Proof of Theorem fncnv

Step	Hyp	Ref	Expression
1		df-fn 5321	. 2 |- ( `' ( R i^i ( A X. B ) ) Fn B <-> ( Fun `' ( R i^i ( A X. B ) ) /\ dom `' ( R i^i ( A X. B ) ) = B ) )
2		df-rn 4730	. . . 4 |- ran ( R i^i ( A X. B ) ) = dom `' ( R i^i ( A X. B ) )
3	2	eqeq1i 2237	. . 3 |- ( ran ( R i^i ( A X. B ) ) = B <-> dom `' ( R i^i ( A X. B ) ) = B )
4	3	anbi2i 457	. 2 |- ( ( Fun `' ( R i^i ( A X. B ) ) /\ ran ( R i^i ( A X. B ) ) = B ) <-> ( Fun `' ( R i^i ( A X. B ) ) /\ dom `' ( R i^i ( A X. B ) ) = B ) )
5		rninxp 5172	. . . . 5 |- ( ran ( R i^i ( A X. B ) ) = B <-> A. y e. B E. x e. A x R y )
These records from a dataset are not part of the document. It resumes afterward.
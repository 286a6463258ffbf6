// The answer to an accepted edit with a lent buffer, to which the edited pattern is spliced.
#![tactic(auto)]

ghost use Rattle.std.specs.Prelude.{◌*◌, ◌≤◌, min, length};
ghost use Rattle.edit.specs.Core.{answer_told, room_refusals};
ghost use Rattle.edit.specs.Inner.{max_middle, FillsNumbers};
ghost use Rattle.ranks.specs.Ranks.{ranked};
ghost use Rattle.seams.specs.Seams.{Accepted};
ghost use Rattle.words.specs.Edit.{edited};

use edit::{Counts, fill};
use refusals::Refusal;
use splicing::{Edit, splice};
use symbols::Ranking;

// The answer to an accepted edit, with a buffer for the edited pattern.
#[tactic(auto, using(crate::proofs::Bytes::stretch_inside, crate::proofs::Bytes::edited_long))]
pub fn answer_in(
    edit: Edit,
    ranks: Ranking,
    array: &[u16],
    room: usize,
    t: &mut [u8],
    numbers: &mut [u16],
    starts: &mut [u16],
) -> Result<Counts, Refusal>
    requires { Accepted (ranked ranks.list.now edit.pattern.now) array.now edit.from edit.to (ranked ranks.list.now edit.block.now) (edited (ranked ranks.list.now edit.pattern.now) edit.from edit.to (ranked ranks.list.now edit.block.now)) × (length (edited edit.pattern.now edit.from edit.to edit.block.now) ≤ length t.old) × (3 * min room max_middle ≤ length numbers.old) }
    ensures { FillsNumbers (room_refusals (ranked ranks.entry.list.now edit.entry.pattern.now) edit.entry.from edit.entry.to (ranked ranks.entry.list.now edit.entry.block.now) room (length starts.old)) (ranked ranks.entry.list.now edit.entry.pattern.now) edit.entry.from edit.entry.to (ranked ranks.entry.list.now edit.entry.block.now) numbers.old numbers.new starts.old starts.new (answer_told result) }
{
    splice(edit, t);
    let m = edit.edited_length();
    fill(edit, ranks, array, &t[..m], room, numbers, starts)
}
6	5	anbi1i 458	. . . 4 |- ( ( ran ( R i^i ( A X. B ) ) = B /\ A. y e. B E* x e. A x R y ) <-> ( A. y e. B E. x e. A x R y /\ A. y e. B E* x e. A x R y ) )
7		funcnv 5382	. . . . . 6 |- ( Fun `' ( R i^i ( A X. B ) ) <-> A. y e. ran ( R i^i ( A X. B ) ) E* x x ( R i^i ( A X. B ) ) y )
8		raleq 2728	. . . . . . 7 |- ( ran ( R i^i ( A X. B ) ) = B -> ( A. y e. ran ( R i^i ( A X. B ) ) E* x x ( R i^i ( A X. B ) ) y <-> A. y e. B E* x x ( R i^i ( A X. B ) ) y ) )
9		moanimv 2153	. . . . . . . . . 10 |- ( E* x ( y e. B /\ ( x e. A /\ x R y ) ) <-> ( y e. B -> E* x ( x e. A /\ x R y ) ) )
10		brinxp2 4786	. . . . . . . . . . . 12 |- ( x ( R i^i ( A X. B ) ) y <-> ( x e. A /\ y e. B /\ x R y ) )
11		3anan12 1014	. . . . . . . . . . . 12 |- ( ( x e. A /\ y e. B /\ x R y ) <-> ( y e. B /\ ( x e. A /\ x R y ) ) )
12	10, 11	bitri 184	. . . . . . . . . . 11 |- ( x ( R i^i ( A X. B ) ) y <-> ( y e. B /\ ( x e. A /\ x R y ) ) )
13	12	mobii 2114	. . . . . . . . . 10 |- ( E* x x ( R i^i ( A X. B ) ) y <-> E* x ( y e. B /\ ( x e. A /\ x R y ) ) )
14		df-rmo 2516	. . . . . . . . . . 11 |- ( E* x e. A x R y <-> E* x ( x e. A /\ x R y ) )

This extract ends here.